[[ Input data open ]]
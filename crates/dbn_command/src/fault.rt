ghost use Rattle.std.specs.Prelude.{◌≡◌};
ghost use Rattle.dbn_command.specs.declared.fault.LineFault.TheVariants.{Memory};

use dbn_value::Name;
use std::alloc::{AllocError, AllocFailed};

/// Why a line gives no command.
#[derive(Debug, Drop)]
pub enum LineFault {
    /// It is in no command's form.
    Line,
    /// The net has no transition, place or relation of this name, as the command asks. In a group it is the first such name.
    Unknown(Name),
    /// The number or the types of the values differ from those of the transition's bound and then asked variables.
    Shape,
    /// Memory was refused.
    Memory,
}

impl From<AllocError> for LineFault {
    ghost from_gives = { λ _ f. f ≡ Memory };

    fn from(_error: AllocError) -> LineFault {
        LineFault::Memory
    }
}

impl<T: Drop> From<AllocFailed<T>> for LineFault {
    ghost from_gives = { λ _ f. f ≡ Memory };

    fn from(_error: AllocFailed<T>) -> LineFault {
        LineFault::Memory
    }
}
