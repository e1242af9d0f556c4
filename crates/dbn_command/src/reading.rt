//! Lines as commands.

ghost use Rattle.std.specs.Prelude.{◌≡◌, ◌<◌, map, length, Some, IfOk};
ghost use Rattle.std.specs.List.{list_all, slice_split};
ghost use Rattle.dbn_net.specs.Tables.{transition_names, shapes};
ghost use Rattle.dbn_command.specs.Gives.{Gives, GivesAs, each, found_or};
ghost use Rattle.dbn_command.specs.declared.fault.LineFault.TheVariants.{Unknown};
ghost use Rattle.dbn_command.specs.Lines.{name_in, value_in, call_in, is_semicolon, group_in, member_in, fits, one_name, bindings_in, marking_in, facts_in, fire_in, members_of_group_in, checkpoint_in, verb_in, is_comment, command_in, asked};

use super::call::Call;
use super::command::{Command, MAX_MEMBERS};
use super::fault::LineFault;
use super::tokens::tokens;
use dbn_net::Net;
use dbn_value::{Member, Members, Name, Row, Shapes, Value, ValueFault, has_shape, read_value};
use sqlite_items::Items;
use std::alloc::{AllocError, Global};

/// The greatest number of bytes of a name.
const MAX_NAME_BYTES: usize = 64;

/// The name that the token is, of at most 64 bytes.
#[tactic(auto, unfolding(crate::specs::Lines::name_in))]
fn name_in(alloc: Global, token: &[u8]) -> Result<Name, LineFault>
    ensures { Gives result (name_in token.now) }
{
    if token.len() > MAX_NAME_BYTES {
        return Err(LineFault::Line);
    }
    match Name::from_bytes(alloc, token) {
        Ok(name) => {
            if name.is_plain() {
                Ok(name)
            } else {
                Err(LineFault::Line)
            }
        }
        Err(ValueFault::Spelling) => Err(LineFault::Line),
        Err(ValueFault::Memory) => Err(LineFault::Memory),
    }
}

/// The value that the token spells.
#[tactic(auto, unfolding(crate::specs::Lines::value_in))]
fn value_in(alloc: Global, token: &[u8]) -> Result<Value, LineFault>
    ensures { Gives result (value_in token.now) }
{
    match read_value(alloc, token) {
        Ok(value) => Ok(value),
        Err(ValueFault::Spelling) => Err(LineFault::Line),
        Err(ValueFault::Memory) => Err(LineFault::Memory),
    }
}

/// The values that the tokens spell.
fn row_in(alloc: Global, tokens: &[&[u8]]) -> Result<Row<Value>, LineFault>
    ensures { Gives result (each value_in (map (λ token. token.now) tokens.now)) }
{
    let mut row = Vec::with_capacity(alloc, tokens.len())?;
    for token in tokens {
        row.push(value_in(alloc, token)?)?;
    }
    Ok(Row::from_vec(row))
}

/// A transition's name and values.
#[tactic(auto, unfolding(crate::specs::Lines::call_in))]
fn call_in(alloc: Global, tokens: &[&[u8]]) -> Result<Call, LineFault>
    ensures { Gives result (call_in (map (λ token. token.now) tokens.now)) }
{
    match tokens {
        [] => Err(LineFault::Line),
        [first, rest @ ..] => {
            let name = name_in(alloc, first)?;
            let row = row_in(alloc, rest)?;
            Ok(Call { name, row })
        }
    }
}

/// A call for each of the parts.
fn calls_in(alloc: Global, parts: &[&[&[u8]]]) -> Result<Vec<Call>, LineFault>
    ensures { GivesAs (λ calls. calls.items) result (each call_in (map (λ part. map (λ token. token.now) part.now) parts.now)) }
{
    let mut calls = Vec::with_capacity(alloc, parts.len())?;
    for part in parts {
        calls.push(call_in(alloc, part)?)?;
    }
    Ok(calls)
}

/// Whether the token is a semicolon.
fn is_semicolon(token: &[u8]) -> bool
    ensures { result ≡ is_semicolon token.now }
{
    token == b";".as_slice()
}

/// What stands between semicolons.
fn between_semicolons<'a, 'b>(
    alloc: Global,
    tokens: &'b [&'a [u8]],
) -> Result<Vec<&'b [&'a [u8]]>, AllocError>
    ensures { IfOk result (λ parts. map (λ part. map (λ token. token.now) part.now) parts.items ≡ slice_split is_semicolon (map (λ token. token.now) tokens.now)) }
{
    tokens.split(|token| is_semicolon(token)).collect(alloc)
}

/// The calls between semicolons.
#[tactic(auto, unfolding(crate::specs::Lines::group_in))]
fn group_in(alloc: Global, tokens: &[&[u8]]) -> Result<Vec<Call>, LineFault>
    ensures { GivesAs (λ calls. calls.items) result (group_in (map (λ token. token.now) tokens.now)) }
{
    let parts = between_semicolons(alloc, tokens)?;
    if parts.len() > MAX_MEMBERS {
        return Err(LineFault::Line);
    }
    calls_in(alloc, parts.as_slice())
}

/// The member that is called.
#[tactic(auto, unfolding(crate::specs::Lines::member_in, crate::specs::Lines::number_in))]
fn member_in(net: &Net, call: Call) -> Result<Member, LineFault>
    ensures { Gives result (member_in (transition_names net.now) call) }
{
    match net.transition(call.name.as_bytes()) {
        Some(t) => Ok(Member { t, row: call.row }),
        None => Err(LineFault::Unknown(call.name)),
    }
}

/// The members that are called.
fn members_in(alloc: Global, net: &Net, calls: Vec<Call>) -> Result<Members, LineFault>
    ensures { Gives result (each (member_in (transition_names net.now)) calls.items) }
{
    let mut members = Items::new(alloc);
    for call in calls {
        members.push(member_in(net, call)?)?;
    }
    Ok(members)
}

/// Whether the row has the types of its transition.
#[tactic(auto, using(crate::proofs::ReadLaws::shape_test, crate::proofs::ReadLaws::no_columns, crate::proofs::ReadLaws::columns_at, crate::proofs::ReadLaws::no_columns_at))]
fn fits(shapes: &Shapes, member: &Member) -> bool
    ensures { result ≡ fits shapes.now member.now }
{
    match shapes.get(member.t) {
        Some(shape) => has_shape(&member.row, shape),
        None => member.row.is_empty(),
    }
}

/// The one name that the tokens are.
#[tactic(auto, unfolding(crate::specs::Lines::one_name))]
fn one_name(alloc: Global, tokens: &[&[u8]]) -> Result<Name, LineFault>
    ensures { Gives result (one_name (map (λ token. token.now) tokens.now)) }
{
    match tokens {
        [token] => name_in(alloc, token),
        _ => Err(LineFault::Line),
    }
}

/// The number that was found for the name.
fn found_or_unknown(found: Option<usize>, name: Name) -> Result<usize, LineFault>
    ensures { Gives result (found_or (Unknown name) found) }
{
    match found {
        Some(number) => Ok(number),
        None => Err(LineFault::Unknown(name)),
    }
}

/// `bindings T`.
#[tactic(auto, unfolding(crate::specs::Lines::bindings_in, crate::specs::Lines::number_in))]
fn bindings_in(alloc: Global, tokens: &[&[u8]], net: &Net) -> Result<Command, LineFault>
    ensures { Gives result (bindings_in net.now (map (λ token. token.now) tokens.now)) }
{
    let name = one_name(alloc, tokens)?;
    let t = found_or_unknown(net.transition(name.as_bytes()), name)?;
    Ok(Command::Bindings(t))
}

/// `marking P`.
#[tactic(auto, unfolding(crate::specs::Lines::marking_in, crate::specs::Lines::number_in))]
fn marking_in(alloc: Global, tokens: &[&[u8]], net: &Net) -> Result<Command, LineFault>
    ensures { Gives result (marking_in net.now (map (λ token. token.now) tokens.now)) }
{
    let name = one_name(alloc, tokens)?;
    let place = found_or_unknown(net.place(name.as_bytes()), name)?;
    Ok(Command::Marking(place))
}

/// `facts R`.
#[tactic(auto, unfolding(crate::specs::Lines::facts_in, crate::specs::Lines::number_in))]
fn facts_in(alloc: Global, tokens: &[&[u8]], net: &Net) -> Result<Command, LineFault>
    ensures { Gives result (facts_in net.now (map (λ token. token.now) tokens.now)) }
{
    let name = one_name(alloc, tokens)?;
    let rel = found_or_unknown(net.relation(name.as_bytes()), name)?;
    Ok(Command::Facts(rel))
}

/// `fire T v..`.
#[tactic(auto, unfolding(crate::specs::Lines::fire_in))]
fn fire_in(alloc: Global, tokens: &[&[u8]], net: &Net) -> Result<Command, LineFault>
    ensures { Gives result (fire_in net.now (map (λ token. token.now) tokens.now)) }
{
    let call = call_in(alloc, tokens)?;
    let member = member_in(net, call)?;
    if fits(net.shapes(), &member) {
        Ok(Command::Fire(member.t, member.row))
    } else {
        Err(LineFault::Shape)
    }
}

/// Whether each of the members fits.
fn all_fit(shapes: &Shapes, members: &[Member]) -> bool
    ensures { result ≡ list_all (fits shapes.now) members.now }
{
    members.iter().all(|member| fits(shapes, member))
}

/// `group T v.. ; T v..`.
#[tactic(auto, unfolding(crate::specs::Lines::members_of_group_in))]
fn members_of_group_in(alloc: Global, tokens: &[&[u8]], net: &Net) -> Result<Command, LineFault>
    ensures { Gives result (members_of_group_in net.now (map (λ token. token.now) tokens.now)) }
{
    let calls = group_in(alloc, tokens)?;
    let members = members_in(alloc, net, calls)?;
    if all_fit(net.shapes(), members.as_slice()) {
        Ok(Command::Group(members))
    } else {
        Err(LineFault::Shape)
    }
}

/// `checkpoint`, where there is a folder.
#[tactic(auto, unfolding(crate::specs::Lines::checkpoint_in))]
fn checkpoint_in(tokens: &[&[u8]], folder: bool) -> Result<Command, LineFault>
    ensures { Gives result (checkpoint_in folder (map (λ token. token.now) tokens.now)) }
{
    if folder && tokens.is_empty() {
        Ok(Command::Checkpoint)
    } else {
        Err(LineFault::Line)
    }
}

/// The command of this first token.
#[tactic(auto, unfolding(crate::specs::Lines::verb_in))]
fn verb_in(
    alloc: Global,
    verb: &[u8],
    tokens: &[&[u8]],
    net: &Net,
    folder: bool,
) -> Result<Command, LineFault>
    ensures { Gives result (verb_in net.now folder verb.now (map (λ token. token.now) tokens.now)) }
{
    if verb == b"bindings".as_slice() {
        bindings_in(alloc, tokens, net)
    } else if verb == b"fire".as_slice() {
        fire_in(alloc, tokens, net)
    } else if verb == b"group".as_slice() {
        members_of_group_in(alloc, tokens, net)
    } else if verb == b"marking".as_slice() {
        marking_in(alloc, tokens, net)
    } else if verb == b"facts".as_slice() {
        facts_in(alloc, tokens, net)
    } else if verb == b"checkpoint".as_slice() {
        checkpoint_in(tokens, folder)
    } else {
        Err(LineFault::Line)
    }
}

/// Whether the token begins a comment.
fn is_comment(token: &[u8]) -> bool
    ensures { result ≡ is_comment token.now }
{
    token.first() == Some(&b';')
}

/// The command of the tokens.
#[tactic(auto, unfolding(crate::specs::Lines::command_in))]
fn command_in(
    alloc: Global,
    tokens: &[&[u8]],
    net: &Net,
    folder: bool,
) -> Result<Command, LineFault>
    ensures { Gives result (command_in net.now folder (map (λ token. token.now) tokens.now)) }
{
    match tokens {
        [] => Ok(Command::Blank),
        [verb, rest @ ..] => {
            if is_comment(verb) {
                Ok(Command::Blank)
            } else {
                verb_in(alloc, verb, rest, net, folder)
            }
        }
    }
}

/// What the line asks for, or the first of its faults. `folder` says whether `checkpoint` is a command. Tokens stand between
/// spaces and tabs; a text runs from its quote to its closing quote. The line has no line feed and any length.
#[tactic(auto, unfolding(crate::specs::Lines::asked))]
pub fn read_line(alloc: Global, line: &[u8], net: &Net, folder: bool) -> Result<Command, LineFault>
    ensures { Gives result (asked net.now folder line.now) }
{
    let tokens = tokens(alloc, line)?;
    command_in(alloc, tokens.as_slice(), net, folder)
}
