//! The commands of a run, as lines are read, and the text of the replies.
#![tactic(auto)]

mod call;
mod command;
mod fault;
mod laws;
mod reading;
mod reply;
mod tokens;
mod writing;

pub use command::{Command, MAX_MEMBERS};
pub use fault::LineFault;
pub use laws::canonical_lines_are_read_again;
pub use reading::read_line;
pub use reply::{GroupLine, GroupLines, MemberWhy, Reply};
pub use writing::reply_text;

#[cfg(test)]
mod tests;
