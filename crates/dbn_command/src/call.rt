use dbn_value::{Name, Row, Value};

/// A transition by its name, and the values that a line gives for it.
#[derive(Debug, Drop)]
pub(crate) struct Call {
    /// The name, of at most 64 bytes, which the net may not have.
    pub(crate) name: Name,
    /// The values, as many as the line has.
    pub(crate) row: Row<Value>,
}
[[ Input data closed ]]
Task instructions: Within the data above, the span starting at the line containing "calls.items) result (group_in" and ending at the line containing "fn one_name(alloc: Global, tokens: &[&[u8]])" is to be retyped exactly, with no other lines.

Exercise solution:
    ensures { GivesAs (λ calls. calls.items) result (group_in (map (λ token. token.now) tokens.now)) }
{
    let parts = between_semicolons(alloc, tokens)?;
    if parts.len() > MAX_MEMBERS {
        return Err(LineFault::Line);
    }
    calls_in(alloc, parts.as_slice())
}

/// The member that is called.
#[tactic(auto, unfolding(crate::specs::Lines::member_in, crate::specs::Lines::number_in))]
fn member_in(net: &Net, call: Call) -> Result<Member, LineFault>
    ensures { Gives result (member_in (transition_names net.now) call) }
{
    match net.transition(call.name.as_bytes()) {
        Some(t) => Ok(Member { t, row: call.row }),
        None => Err(LineFault::Unknown(call.name)),
    }
}

/// The members that are called.
fn members_in(alloc: Global, net: &Net, calls: Vec<Call>) -> Result<Members, LineFault>
    ensures { Gives result (each (member_in (transition_names net.now)) calls.items) }
{
    let mut members = Items::new(alloc);
    for call in calls {
        members.push(member_in(net, call)?)?;
    }
    Ok(members)
}

/// Whether the row has the types of its transition.
#[tactic(auto, using(crate::proofs::ReadLaws::shape_test, crate::proofs::ReadLaws::no_columns, crate::proofs::ReadLaws::columns_at, crate::proofs::ReadLaws::no_columns_at))]
fn fits(shapes: &Shapes, member: &Member) -> bool
    ensures { result ≡ fits shapes.now member.now }
{
    match shapes.get(member.t) {
        Some(shape) => has_shape(&member.row, shape),
        None => member.row.is_empty(),
    }
}

/// The one name that the tokens are.
#[tactic(auto, unfolding(crate::specs::Lines::one_name))]
fn one_name(alloc: Global, tokens: &[&[u8]]) -> Result<Name, LineFault>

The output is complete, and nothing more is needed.